曹国胜和贺时年之间,如果非要有点什么事。
那就是当初曹国胜让那个女人去引诱勾引贺时年。
这件事到目前为止,只有曹国胜,那个女人还有贺时年三人知道。
但是这件事曹国胜能向调查组的坦白吗?
自然是不能的。
哪怕坦白了,贺时年也不会因此有任何问题。
反而是他曹国胜的麻烦铁定不小。
毕竟以权色勾引一个国家级干部,是要给他问责的。
如果坦白了这件事,曹国胜以后在西宁县这片天不可能再做生意。
他将变成思想污秽、行为劣迹的商人,变成那人人喊打的过街老鼠。
再者,曹国胜确实行贿过,但他行贿的并不是贺时年。
西宁县县委、政府,以及下面各大局,甚至乡镇的人,都或多或少收过曹国胜的好处。
但唯独没有贺时年。
可是曹国胜能够将那些收过他好处的人名字抖露出来吗?
自然也是不能的。
如果真的抖露了,他曹国胜只会死得比现在更难看。
并且曹国胜也总算明白了。
这些人这次来,针对的只是贺时年,并没有想着查其他人或其他领域。
这让曹国胜的心里稍稍松了一口气,也坚定了咬紧牙关不松口的打算。
“各位同志,我真的没有向贺时年行贿,你们为什么就不信我的话?”
“我已经说过很多遍了,你们该查的也已经查了,我真的没有行贿。
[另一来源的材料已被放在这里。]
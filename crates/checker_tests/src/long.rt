// Long record files: those that fill a limit, and those that go past it by one.
use checker::check;
use std::alloc::{AllocError, Global};
use std::fmt::Write;
use std::process::Abort;
use std::test::Fail;

// Adds a number below 2^14.
fn push_number(out: &mut Vec<u8>, number: u16) -> Result<(), AllocError> {
    if number >= 128 {
        out.push(128 + (number % 128) as u8)?;
        out.push((number / 128 % 128) as u8)?;
    } else {
        out.push(number as u8)?;
    }
    Ok(())
}

// The file of job 7 with so many events. Event i has the bytes `before`, and then the number i + 1 if that is wanted.
fn file_of(
    alloc: Global,
    events: u16,
    before: &[u8],
    numbered: bool,
) -> Result<Vec<u8>, AllocError> {
    let mut out = Vec::new(alloc);
    for byte in b"AFT1\x07" {
        out.push(*byte)?;
    }
    for i in 0..events {
        for byte in before {
            out.push(*byte)?;
        }
        if numbered {
            push_number(&mut out, i.saturating_add(1))?;
        }
    }
    Ok(out)
}

fn check_line(rt: &impl Abort, alloc: Global, bytes: &[u8], expected: &str) -> Result<(), Fail> {
    let mut found = String::new(alloc);
    write!(found, "{}", check(alloc, bytes)?)?;
    assert_eq!(rt; found.as_str(), expected);
    Ok(())
}

// 1,001 steps: step 0, and one for each open.
#[test]
fn steps(rt: HostRuntime) -> Result<(), Fail> {
    let full = file_of(rt.alloc(), 1_000, b"\x03\x00", false)?;
    check_line(&rt, rt.alloc(), full.as_slice(), "job 7 clean events 1000")?;
    let over = file_of(rt.alloc(), 1_001, b"\x03\x00", false)?;
    check_line(
        &rt,
        rt.alloc(),
        over.as_slice(),
        "job 7 withdrawn refused 17 layer order byte 2005",
    )
}

// 512 cells: reads of 1/1, 1/2 and so on.
#[test]
fn cells(rt: HostRuntime) -> Result<(), Fail> {
    let full = file_of(rt.alloc(), 512, b"\x05\x00\x01", true)?;
    check_line(&rt, rt.alloc(), full.as_slice(), "job 7 clean events 512")?;
    let over = file_of(rt.alloc(), 513, b"\x05\x00\x01", true)?;
    check_line(
        &rt,
        rt.alloc(),
        over.as_slice(),
        "job 7 withdrawn refused 18 layer cells byte 2438",
    )
}

// 256 names: spawns of the tasks 1, 2 and so on.
#[test]
fn names(rt: HostRuntime) -> Result<(), Fail> {
    let full = file_of(rt.alloc(), 256, b"\x01\x00", true)?;
    check_line(&rt, rt.alloc(), full.as_slice(), "job 7 clean events 256")?;
    let over = file_of(rt.alloc(), 257, b"\x01\x00", true)?;
    check_line(
        &rt,
        rt.alloc(),
        over.as_slice(),
        "job 7 withdrawn refused 9 layer run byte 902",
    )
}

// 65,536 bytes are judged, and no more.
#[test]
fn bytes(rt: HostRuntime) -> Result<(), Fail> {
    let mut file = file_of(rt.alloc(), 0, b"", false)?;
    for _zero in 5..65_536 {
        file.push(0)?;
    }
    check_line(
        &rt,
        rt.alloc(),
        file.as_slice(),
        "job 7 withdrawn refused 4 layer bytes byte 5",
    )?;
    file.push(0)?;
    check_line(
        &rt,
        rt.alloc(),
        file.as_slice(),
        "refused 5 layer bytes byte 65536",
    )
}
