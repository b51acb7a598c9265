// Tests of the checker, by example.
#![tactic(auto)]

#[cfg(test)]
mod files;
#[cfg(test)]
mod long;
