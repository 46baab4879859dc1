// Release: the marks of freed clusters, and a sector of FAT2 with them freed. A chain is walked once for each 32 sectors that hold
// clusters.
#![tactic(auto)]

ghost use Rattle.std.specs.Prelude.{◌≡◌, false, ℕ, ◌+◌, ◌*◌, ◌/◌, ◌%◌, ◌≤◌, ◌<◌, eqb, length, get_or};
ghost use Rattle.model.specs.Bytes.{pick};
ghost use Rattle.model.specs.Fat.{entry};
ghost use Rattle.model.specs.Chain.{chain};
ghost use Rattle.model.specs.Promises.{Held};
ghost use Rattle.fat_copy.specs.Change.{own_fat};
ghost use Rattle.fat_release.specs.Release.{bit_of, mark_of, Inside, Marked};

use model::Layout;

// Marks cluster k, if it is one of the 8,192 from `from` on. Each has one bit.
fn mark(marks: &mut [u8], from: u32, k: u32)
    requires { length marks.old ≡ 1024 }
    ensures { (i : ℕ) → i < 8192 → mark_of marks.new i ≡ pick (eqb (from + i) k) 1 (mark_of marks.old i) }
{
    if from <= k && k - from < 8192 {
        let i = (k - from) as usize;
        marks[i / 8] |= 1 << (i % 8);
    }
}

// The marks for sector s: made anew where 32 sectors begin, by a walk along the m clusters from `first` on. Where no cluster is freed no
// byte need be lent for them.
pub fn mark_block(w: &[u8], l: Layout, marks: &mut [u8], s: u32, first: u32, m: u32)
    requires { Held l w.now × (0 < m → length marks.old ≡ 1024) × (s < l.fatsize) × Inside l (chain (entry (own_fat l w.now)) m first)
        × ((s % 32 ≡ 0 → ⊥) → Marked (chain (entry (own_fat l w.now)) m first) (8192 * (s / 32)) marks.old) }
    ensures { Marked (chain (entry (own_fat l w.now)) m first) (8192 * (s / 32)) marks.new }
{
    if s % 32 != 0 {
        return;
    }
    marks.fill(0);
    let from = 256 * s;
    if l.clusters + 2 <= from {
        return;
    }
    let mut k = first;
    for _ in 0..m {
        mark(marks, from, k);
        k = fat_read::entry_at(w, l.fat1, k);
    }
}

// Whether one of the 256 clusters from `at` on is marked. The loop has no way out but its end: so the compiler looks at sixteen
// bytes at once.
pub fn has_mark(marks: &[u8], at: usize) -> bool
    requires { (at % 8 ≡ 0) × (at + 256 ≤ 8192) × (length marks.now % 1024 ≡ 0) }
    ensures { result ≡ false → (i : ℕ) → i < 256 → mark_of marks.now (at + i) ≡ 0 }
{
    if marks.is_empty() {
        return false;
    }
    let mut seen = false;
    for i in 0..32 {
        seen |= marks[at / 8 + i] != 0;
    }
    seen
}

// Clears those of eight entries, 16 bytes from 16 * k on, that the bits of m mark.
fn clear_eight(buf: &mut [u8], k: usize, m: u8)
    requires { (length buf.old ≡ 512) × (k < 32) }
    ensures { ((j : ℕ) → j / 16 ≡ k → get_or buf.new j 0 ≡ pick (eqb (bit_of m (j / 2 % 8)) 0) (get_or buf.old j 0) 0)
        × ((j : ℕ) → (j / 16 ≡ k → ⊥) → get_or buf.new j 0 ≡ get_or buf.old j 0) }
{
    if m == 0 {
        return;
    }
    for i in 0..16 {
        if (m >> (i / 2)) % 2 == 1 {
            buf[16 * k + i] = 0;
        }
    }
}

// Clears the entries that the marks from `at` on name, in the buffer of a sector. Eight that have no mark are passed over.
pub fn clear_marked(buf: &mut [u8], marks: &[u8], at: usize)
    requires { (length buf.old ≡ 512) × (at % 8 ≡ 0) × (at + 256 ≤ 8192) × (length marks.now % 1024 ≡ 0) }
    ensures { (j : ℕ) → j < 512 → get_or buf.new j 0 ≡ pick (eqb (mark_of marks.now (at + j / 2)) 0) (get_or buf.old j 0) 0 }
{
    if marks.is_empty() {
        return;
    }
    for k in 0..32 {
        clear_eight(buf, k, marks[at / 8 + k]);
    }
}
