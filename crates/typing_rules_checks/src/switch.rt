//! The lowest typing rule that a `switch` breaks.

ghost use Rattle.std.specs.Prelude.{◌≡◌, ◌∷◌, false, List, IfSome, IfOk};
ghost use Rattle.integers.specs.Integers.{IsInteger};
ghost use Rattle.typing_rules.specs.Nodes as node;
ghost use Rattle.typing_rules.specs.Nodes.{view_attr};
ghost use Rattle.typing_rules.specs.Attributes.{Facts};
ghost use Rattle.typing_rules.specs.Rules as rules;
ghost use Rattle.typing_rules.specs.Rules.{lowest};
ghost use Rattle.typing_rules.specs.declared.attribute.Constant as constant;
ghost use Rattle.typing_rules_checks.specs.code.Labels.{AreValues};

use block_layout::Kind;
use std::alloc::Global;
use std::collections::BTreeSet;
use typing_rules::constants::label_kind;
use typing_rules::types::{counts, gives_void, kind_of};
use typing_rules::{Attr, Constant};
use upc_text::OutOfMemory;

// Whether a label is no integer constant, or has a value of the later ones, among which its own is from here on.
fn is_wrong(
    kind: Option<Kind>,
    label: Constant,
    values: &mut BTreeSet<i128>,
) -> Result<bool, OutOfMemory>
    requires { IfSome kind IsInteger }
    ensures { IfOk result (λ wrong. (later : List constant.Constant) → AreValues kind later values.old →
        (wrong ≡ rules.is_wrong_label kind label later)
        × (wrong ≡ false → AreValues kind (label ∷ later) values.new)) }
{
    match label {
        Constant::Known(v) => {
            let is_new = values.insert(label_kind(kind, v))?;
            Ok(!is_new)
        }
        _ => Ok(true),
    }
}

fn has_wrong_label(
    alloc: Global,
    kind: Option<Kind>,
    labels: &[Constant],
) -> Result<bool, OutOfMemory>
    requires { IfSome kind IsInteger }
    ensures { IfOk result (λ wrong. wrong ≡ rules.has_wrong_label kind labels.now) }
{
    let mut values = BTreeSet::new(alloc);
    for at in (0..labels.len()).rev() {
        if is_wrong(kind, labels[at], &mut values)? {
            return Ok(true);
        }
    }
    Ok(false)
}

/// A `switch` with its labels and the number of its `default`s.
pub fn switch(
    alloc: Global,
    a: &Attr,
    labels: &[Constant],
    defaults: usize,
) -> Result<Option<u8>, OutOfMemory>
    ensures { IfOk result (λ rule. (φ : Facts) → rule ≡ lowest φ (node.Switch (view_attr a.now) labels.now defaults)) }
{
    if gives_void(a) {
        return Ok(Some(14));
    }
    let wrong = has_wrong_label(alloc, kind_of(a), labels)?;
    if !counts(a) || wrong || defaults > 1 {
        Ok(Some(25))
    } else {
        Ok(None)
    }
}
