//! The lowest typing rule that each node of a statement breaks.

ghost use Rattle.std.specs.Prelude.{◌≡◌, [], ◌∷◌};
ghost use Rattle.typing_rules.specs.layer.Views.{view_around};
ghost use Rattle.typing_rules.specs.Nodes as nodes;
ghost use Rattle.typing_rules.specs.Nodes.{view_attr};
ghost use Rattle.typing_rules.specs.Attributes.{Facts};
ghost use Rattle.typing_rules.specs.Rules as rules;
ghost use Rattle.typing_rules.specs.Rules.{lowest};

use crate::conversion::converts;
use typing_rules::types::{counts, gives_void, is_scalar, is_void_type, leads_to_shared};
use typing_rules::{Around, Attr, Enclosing};

/// The condition of a loop.
pub fn test(a: &Attr) -> Option<u8>
    ensures { (φ : Facts) → result ≡ lowest φ (nodes.Tests (view_attr a.now ∷ [])) }
{
    if gives_void(a) {
        Some(14)
    } else if !is_scalar(a) {
        Some(22)
    } else {
        None
    }
}

/// An affinity.
pub fn affinity(a: &Attr) -> Option<u8>
    ensures { (φ : Facts) → result ≡ lowest φ (nodes.Affinity (view_attr a.now)) }
{
    if gives_void(a) {
        Some(14)
    } else if !(counts(a) || leads_to_shared(a)) {
        Some(23)
    } else {
        None
    }
}

fn jumps_nowhere(breaks: Enclosing) -> bool
    ensures { result ≡ rules.jumps_nowhere breaks }
{
    matches!(breaks, Enclosing::Nothing)
}

fn leaves_forall(breaks: Enclosing) -> bool
    ensures { result ≡ rules.leaves_forall breaks }
{
    matches!(breaks, Enclosing::Forall)
}

/// `break`.
pub fn breaks(around: Around<'_>) -> Option<u8>
    ensures { (φ : Facts) → result ≡ lowest φ (nodes.Break (view_around around.entry)) }
{
    if jumps_nowhere(around.breaks) {
        Some(23)
    } else if leaves_forall(around.breaks) {
        Some(24)
    } else {
        None
    }
}

/// `continue`.
pub fn continues(around: Around<'_>) -> Option<u8>
    ensures { (φ : Facts) → result ≡ lowest φ (nodes.Continue (view_around around.entry)) }
{
    if around.loops { None } else { Some(23) }
}

/// `return` with a value.
pub fn returns(around: Around<'_>, a: &Attr) -> Option<u8>
    ensures { (φ : Facts) → result ≡ lowest φ (nodes.Returns (view_around around.entry) (view_attr a.now)) }
{
    if !is_void_type(around.result) && !converts(a, around.result) {
        Some(12)
    } else if around.forall {
        Some(24)
    } else if is_void_type(around.result) {
        Some(26)
    } else {
        None
    }
}

/// `return` without a value.
pub fn returns_nothing(around: Around<'_>) -> Option<u8>
    ensures { (φ : Facts) → result ≡ lowest φ (nodes.ReturnsNothing (view_around around.entry)) }
{
    if around.forall {
        Some(24)
    } else if !is_void_type(around.result) {
        Some(26)
    } else {
        None
    }
}

/// The value of a notify, a wait or a barrier.
pub fn barrier(a: &Attr) -> Option<u8>
    ensures { (φ : Facts) → result ≡ lowest φ (nodes.Barrier (view_attr a.now)) }
{
    if gives_void(a) {
        Some(14)
    } else if !counts(a) {
        Some(27)
    } else {
        None
    }
}
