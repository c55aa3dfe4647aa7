//! Values made of values.

ghost use Rattle.std.specs.Prelude.{ℕ, List, IfErr, OnOk};
ghost use Rattle.upc_values.specs.declared.action.Action.{Action};
ghost use Rattle.upc_values.specs.declared.scalar.Value.{Value};
ghost use Rattle.stack_code.specs.layer.Codes.{thread_of};
ghost use Rattle.stack_code.specs.layer.Kept.{ValuesFit};
ghost use Rattle.stack_code.specs.layer.Steps.{At, Spot, made, top, second, third};
ghost use Rattle.stack_machine.specs.code.Kept.{AreHeld};
ghost use Rattle.stack_machine.specs.code.Turns.{Arrived, IsFirm, body_seen, state_seen};

use crate::progress::Progress;
use crate::wish::Halt;
use stack_code::{Code, ValueWork};
use stack_machine_values::stacks::Operands;
use stack_machine_values::worths::{taken, worth};
use upc_text::Place;
use upc_values::Value;

/// Makes a value of the youngest operands, which it takes.
pub(crate) fn value_work(
    operands: &mut Operands,
    progress: &Progress,
    work: &ValueWork,
    place: Place,
    code: &Code,
    me: u32,
) -> Result<(), Halt>
    requires fits { ValuesFit work.now }
    requires held { AreHeld code.now.threads code.now.shapes operands.old }
    ensures does { (budget : ℕ) (there : Spot) (given : List Value) (calls : List Spot) (before : List Action)
        → Arrived before
        (made (thread_of code.now me budget) work.now place operands.old (λ vs. At there given vs calls)
        (state_seen before progress.now))
        result progress.now progress.now (body_seen there given operands.new calls progress.now) }
    ensures firm { IfErr result IsFirm }
    ensures held { OnOk result (AreHeld code.now.threads code.now.shapes operands.new) }
{
    match worth(
        work,
        operands.third(),
        operands.second(),
        operands.top(),
        code,
        me,
    ) {
        Err(error) => Err(progress.fault(error, place)),
        Ok(v) => {
            operands.drop_youngest(taken(work));
            operands.push(v)?;
            Ok(())
        }
    }
}
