//! From one action that is wanted to the next.

ghost use Rattle.std.specs.Prelude.{◌≡◌, ◌<◌, List, None, OnOk, IfErr};
ghost use Rattle.upc_values.specs.declared.action.Reply.{Reply};
ghost use Rattle.stack_machine.specs.code.Calls.{MayGoOn, the_call};
ghost use Rattle.stack_machine.specs.code.Inside.{StandsAt};
ghost use Rattle.stack_machine.specs.code.Kept.{IsHolding};
ghost use Rattle.stack_machine.specs.code.Machines.{Waits};
ghost use Rattle.stack_machine.specs.code.Runs.{Halts};
ghost use Rattle.stack_machine.specs.code.Tasks.{task_seen};
ghost use Rattle.stack_machine.specs.code.Walking.{HasCome};
ghost use Rattle.stack_machine.specs.layer.Machine.{listed};

use crate::calls::Task;
use crate::open_calls::OpenCall;
use crate::runner::Runner;
use crate::wish::Halt;
use stack_code::Code;

impl Task {
    // The call that is on its way, if one is, goes on to its end.
    fn end_call(
        &mut self,
        under_way: &mut Option<OpenCall>,
        code: &Code,
        runner: &Runner,
    ) -> Result<(), Halt>
        requires in_time { self.old.progress.ticks < runner.now.budget }
        requires held { IsHolding code.now.threads code.now.shapes (task_seen self.old) }
        requires inside { MayGoOn code.now.threads code.now.shapes (the_call under_way.old) (task_seen self.old) }
        ensures goes { (given : List Reply)
            → StandsAt code.now runner.now.number runner.now.budget given (listed self.old.progress.reply)
            (the_call under_way.old) (task_seen self.old)
            → HasCome code.now runner.now.number runner.now.budget given result (the_call under_way.new) self.new }
        ensures closed { OnOk result (under_way.new ≡ None) }
        ensures waits { IfErr result (λ e. Waits e runner.now.budget code.now.threads code.now.shapes
            (the_call under_way.new) (task_seen self.new)) }
        ensures held { OnOk result (IsHolding code.now.threads code.now.shapes (task_seen self.new)) }
        ensures in_time { OnOk result (self.new.progress.ticks < runner.now.budget) }
    {
        match under_way.take() {
            None => Ok(()),
            Some(call) => self.go_inside(call, under_way, code, runner),
        }
    }

    // Goes on from between two instructions.
    fn turns(&mut self, under_way: &mut Option<OpenCall>, code: &Code, runner: &Runner) -> Halt
        requires in_time { self.old.progress.ticks < runner.now.budget }
        requires thread { runner.now.number < code.now.threads }
        requires held { IsHolding code.now.threads code.now.shapes (task_seen self.old) }
        requires closed { under_way.old ≡ None }
        ensures halts { Halts code.now runner.now.number runner.now.budget result None self.old
            (the_call under_way.new) self.new }
        ensures waits { Waits result runner.now.budget code.now.threads code.now.shapes
            (the_call under_way.new) (task_seen self.new) }
    {
        loop {
            self.go(code, runner);
            match self.turn(under_way, code, runner) {
                Err(halt) => return halt,
                Ok(()) => {}
            }
        }
    }

    /// Goes on to the next action that is wanted, or to the end.
    pub(crate) fn run(
        &mut self,
        under_way: &mut Option<OpenCall>,
        code: &Code,
        runner: &Runner,
    ) -> Halt
        requires in_time { self.old.progress.ticks < runner.now.budget }
        requires thread { runner.now.number < code.now.threads }
        requires held { IsHolding code.now.threads code.now.shapes (task_seen self.old) }
        requires inside { MayGoOn code.now.threads code.now.shapes (the_call under_way.old) (task_seen self.old) }
        ensures halts { Halts code.now runner.now.number runner.now.budget result (the_call under_way.old) self.old
            (the_call under_way.new) self.new }
        ensures waits { Waits result runner.now.budget code.now.threads code.now.shapes
            (the_call under_way.new) (task_seen self.new) }
    {
        match self.end_call(under_way, code, runner) {
            Err(halt) => halt,
            Ok(()) => self.turns(under_way, code, runner),
        }
    }
}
”
“曹国胜,看来你还真的是不困,既然这样,你就耗着吧,什么时候挨不住了,什么时候再开口。”
说完,有几个人站起身,房间里面只留下两人监督曹国胜。
曹国胜想抽烟,这些人不给他。
他想睡觉,更不会让他如愿。
就这样,时间又过了七八个小时,到了第二天的凌晨2点。
曹国胜已经接近40小时没有睡觉了。
整个人憔悴得不像话,一张脸油腻得仿佛捡垃圾的大叔。
那根根向外冒的胡茬,让他看上去极为狼狈和疲惫。
他的精神亦一度恍惚而出现幻觉或眩晕感。
就在这个时候,房间的门再次被推开。
这次带头的是州公安局副局长陈丕劳。
陈丕劳带了两三个人进来,在曹国胜的对面坐下。
“曹国胜,我想你现在还没有意识到问题的关键所在。”
“你有没有向贺时年行贿,这并不重要,重要的是你的口供,你明白吗?”
“只要你说你行贿了贺时年,我们就放了你。”
“这件事以及这件事后续的一系列事情,都和你再没有关系。”
曹国胜整个人都晕乎乎的,脑壳几乎是宕机了。
他的精神真的有些崩溃了,也有一些挺不住了。
“曹国胜,我这么和你说吧,不管你说不说,贺时年这次都死定了。”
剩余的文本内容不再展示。